Supporting a spectrum from whole program to separate compilation to aid in efficient program generation

There are certainly whole program compilers with the aim of making higher level languages compile far more efficient runtime executables. But as I currently understand these compilers, their practical usefulness for large scale program development is limited due to efficiency of the compilation process itself.

So, I was wondering if any languages - more specifically, the types of higher level languages that feature language abstractions that might benefit most whole program compilation - supported a compilation model and associated language abstractions that tried to encompass a wider spectrum of optional efficiency oriented language abstractions and features between whole program model compilation and separate compilation in the name of runtime efficiency.

As for "whole program compilation," what I have in mind instead is some kind of limited "library" - or "package" or "unit" (etc.), let's use "library" for now - abstraction comprised of multiple source files that are subject to "whole library compilation. This would allow programming teams to decide when to apply a more limited scope of "whole program compilation" just to performance critical libraries in their programs.

Between these "libraries" (however they are compiled), we have "separate compilation" made safe via traditional module "signatures," or unit "interfaces" or whatever (pick your lingo and preferred module header styled feature).

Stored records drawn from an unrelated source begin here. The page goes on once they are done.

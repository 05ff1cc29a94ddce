// The program on a file of 8,193 bytes: 1, though the filter is malformed too.
#![tactic(auto)]

use std::io;

fn main(rt: HostRuntime) -> io::Result<()> {
    program::run(&rt)
}
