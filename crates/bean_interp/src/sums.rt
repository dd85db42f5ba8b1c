//! Sums of weights, by currency.
ghost use Rattle.std.specs.Prelude.{◌≡◌, ◌<◌, ◌^◌, [], OnOk, Err, length, get_or};
ghost use Rattle.std.specs.Int.RustNames.{unsigned_abs};
ghost use Rattle.std.specs.List.{list_all};
ghost use Rattle.bean_interp.specs.Kept as rule;
ghost use Rattle.bean_interp.specs.Residual.{AreInRange, Weighed, weighed};
ghost use Rattle.bean_interp.specs.Sums.{Fits, IsNarrow, added, entry_of, is_zero, sum_with, table};
ghost use Rattle.bean_interp.specs.Sums.{with_leg};
ghost use Rattle.bean_interp.specs.Weight.{IsOfUnits};
ghost use Rattle.bean_interp.specs.declared.leg.Leg.TheVariants as leg;
ghost use Rattle.bean_interp.specs.declared.leg.Whole.{Whole};

use crate::cause::WeighCause;
use crate::leg::Leg;
use crate::weight::{TooWide, Weight};
use bean_base::{Amount, Currency};
use indexmap::IndexMap;
use refusals::Refusal;
use std::alloc::Global;
use std::marker::Model;

/// The most that a sum may count, and one.
const MOST: u128 = 100_000_000_000_000_000_000_000_000_000_000_000_000;

/// The first currency of some weights, with their sum.
#[derive(Drop)]
struct First<'a> {
    currency: Currency<'a>,
    sum: i128,
}

/// Whether a currency is the first, or would be.
#[inline(always)]
fn comes_first(first: &Option<First<'_>>, currency: &Currency<'_>) -> bool
    ensures { result ≡ rule.comes_first first.now currency.now }
{
    match first {
        Some(first) => *currency == first.currency,
        None => true,
    }
}

/// The sum of a currency, of which it is known whether it comes first.
#[inline(always)]
fn sum_before<'a>(
    is_first: bool,
    first: &Option<First<'a>>,
    others: &IndexMap<Currency<'a>, i128>,
    currency: &Currency<'_>,
) -> i128
    requires first { is_first ≡ rule.comes_first first.now currency.now }
    requires kept { rule.AreKept first.now others.now.entries }
    ensures sum { result ≡ entry_of (rule.sums_in first.now others.now.entries) currency.now }
    ensures bound { unsigned_abs result < 10 ^ 38 }
{
    let Some(first) = first else {
        return 0;
    };
    if is_first {
        return first.sum;
    }
    match others.get(currency) {
        Some(sum) => *sum,
        None => 0,
    }
}

/// What weights sum to in each currency, in the order in which the currencies first appeared. The
/// weights of most transactions are of one currency, which is hashed nowhere.
///
/// Its value is that table; no sum is `10^38` or more, signs left off.
pub struct Sums<'a> {
    first: Option<First<'a>>,
    others: IndexMap<Currency<'a>, i128>,
}

/// Written out, so that what gives one up needs to know nothing of what is in it.
impl Drop for Sums<'_> {
    fn drop(self) {
        let Sums {
            first: _,
            others: _,
        } = self;
    }
}

impl<'a> Model for Sums<'a> {
    ghost use Rattle.std.specs.Prelude.{List};
    ghost use Rattle.bean_interp.specs.Kept.{AreKept, sums_in};
    ghost use Rattle.bean_interp.specs.Residual.{Weighed};

    ghost Value = { List Weighed };

    ghost view = { λ s. sums_in s.first s.others.entries };

    ghost invariant = { λ s. AreKept s.first s.others.entries };
}

impl<'a> Sums<'a> {
    /// No weights. Takes no memory.
    pub fn new(alloc: Global) -> Sums<'a>
        ensures { result ≡ [] }
    {
        Sums {
            first: None,
            others: IndexMap::new(alloc),
        }
    }

    /// The sum of the weights in a currency, 0 where there are none.
    pub fn of(&self, currency: &Currency<'_>) -> i128
        ensures sum { result ≡ entry_of self.now currency.now }
        ensures bound { unsigned_abs result < 10 ^ 38 }
    {
        let is_first = comes_first(&self.first, currency);
        sum_before(is_first, &self.first, &self.others, currency)
    }

    /// How many currencies there are.
    pub fn len(&self) -> usize
        ensures { result ≡ length self.now }
    {
        match self.first {
            Some(_) => 1 + self.others.len(),
            None => 0,
        }
    }

    /// The currency at an index, in order of first appearance, with its sum.
    pub fn at(&self, index: usize) -> (&Currency<'a>, i128)
        requires { index < length self.now }
        ensures currency { (d : Weighed) → result.0.now ≡ (get_or self.now index d).0 }
        ensures sum { (d : Weighed) → result.1 ≡ (get_or self.now index d).1 }
        ensures bound { unsigned_abs result.1 < 10 ^ 38 }
    {
        let Some(first) = &self.first else {
            unreachable!()
        };
        if index == 0 {
            return (&first.currency, first.sum);
        }
        match self.others.get_index(index - 1) {
            Some((currency, sum)) => (currency, *sum),
            None => unreachable!(),
        }
    }

    /// Whether every sum is 0.
    pub fn are_zero(&self) -> bool
        ensures { result ≡ list_all is_zero self.now }
    {
        for index in 0..self.len() {
            if self.at(index).1 != 0 {
                return false;
            }
        }
        true
    }

    /// Adds a weight, unless the sum of its currency would be too wide.
    #[inline(always)]
    fn add(&mut self, weight: Weight<'a>) -> Result<(), Refusal<WeighCause>>
        ensures added { OnOk result
            (self.new ≡ added self.old weight.entry.currency weight.entry.count) }
        ensures narrow { OnOk result (IsNarrow (sum_with self.old weight.entry)) }
        ensures wide { result ≡ Err (Refusal.Refused WeighCause.TooWide)
            → ¬ IsNarrow (sum_with self.old weight.entry) }
    {
        let is_first = comes_first(&self.first, &weight.currency);
        let before = sum_before(is_first, &self.first, &self.others, &weight.currency);
        let sum = before + weight.count;
        if sum.unsigned_abs() >= MOST {
            return Err(Refusal::Refused(WeighCause::TooWide));
        }
        if is_first {
            self.first = Some(First {
                currency: weight.currency,
                sum,
            });
            return Ok(());
        }
        self.others.insert(weight.currency, sum)?;
        Ok(())
    }

    /// Takes all weights off.
    pub fn clear(&mut self)
        ensures { self.new ≡ [] }
    {
        self.first = None;
        if !self.others.is_empty() {
            self.others.clear();
        }
    }

    /// Adds what units weigh that are worth themselves.
    pub fn add_units(&mut self, units: &Amount<'a>) -> Result<(), Refusal<WeighCause>>
        ensures added { (w : Whole) → IsOfUnits units.now w
            → OnOk result (self.new ≡ with_leg self.old (leg.Whole w)) }
        ensures fits { (w : Whole) → IsOfUnits units.now w
            → OnOk result (Fits self.old (leg.Whole w)) }
        ensures wide { result ≡ Err (Refusal.Refused WeighCause.TooWide)
            → (w : Whole) → IsOfUnits units.now w → ¬ Fits self.old (leg.Whole w) }
    {
        self.add(Weight::of_units(units))
    }

    /// Adds what a leg weighs.
    pub fn add_leg(&mut self, leg: &Leg<'a>) -> Result<(), Refusal<WeighCause>>
        ensures added { OnOk result (self.new ≡ with_leg self.old leg.now) }
        ensures fits { OnOk result (Fits self.old leg.now) }
        ensures wide { result ≡ Err (Refusal.Refused WeighCause.TooWide) → ¬ Fits self.old leg.now }
    {
        match leg {
            Leg::Whole(whole) => match whole.weight() {
                Ok(weight) => self.add(weight),
                Err(TooWide) => Err(Refusal::Refused(WeighCause::TooWide)),
            },
            Leg::MissingNumber(_) | Leg::MissingAmount => Ok(()),
        }
    }

    /// Takes the weights of legs, in place of those that it had.
    pub fn weigh(&mut self, legs: &[Leg<'a>]) -> Result<(), Refusal<WeighCause>>
        ensures table { OnOk result (self.new ≡ table (weighed legs.now)) }
        ensures in_range { OnOk result (AreInRange legs.now) }
        ensures wide { result ≡ Err (Refusal.Refused WeighCause.TooWide) → ¬ AreInRange legs.now }
    {
        self.clear();
        for leg in legs {
            match self.add_leg(leg) {
                Ok(()) => {}
                Err(fault) => return Err(fault),
            }
        }
        Ok(())
    }
}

But additionally, within the "separate compilation model," we might also support other language features that assist the compiler in generating more efficient code. Some low hanging fruit might be: annotations and/or compiler driven function inlining, annotation or compiler driven loop unrolling, C++ or D style template data types and functions (as an alternative to "normal" generic, parametric polymorphic functions and data types), C (and Smalltalk, interestingly)-styled variable length data structures, full blown Scheme styled macros (no, not always or even primarily an efficiency tool, but still...), annotations for "destructured" function argument data types (potentially avoiding memory allocation for passing many function arguments), and so on and so forth.

Once could write entire programs in the language without using these features, but one could also write entire libraries (say, just for example, a performance oriented OpenGL or encryption library) using these directives and alternative language level abstractions - and then pull out all the stops by subjecting the "library" to whole program compilation. Aside from segregation of the program into discrete libraries (yes, not always an easy task in the general case), most of these efficiency oriented features could be utilized incrementally in modifying a program in response to profiling.

Skipping the not-so-high-level C++ (simple macros, templates), are there any higher level languages that support such a "spectrum of efficiency oriented language abstractions and features." I'm particularly interested in the concept of a more limited scope for "whole program compilation" via some kind of more selective "library" abstraction.

I'd welcome any wisdom on efficacy, usability and implementation challenges.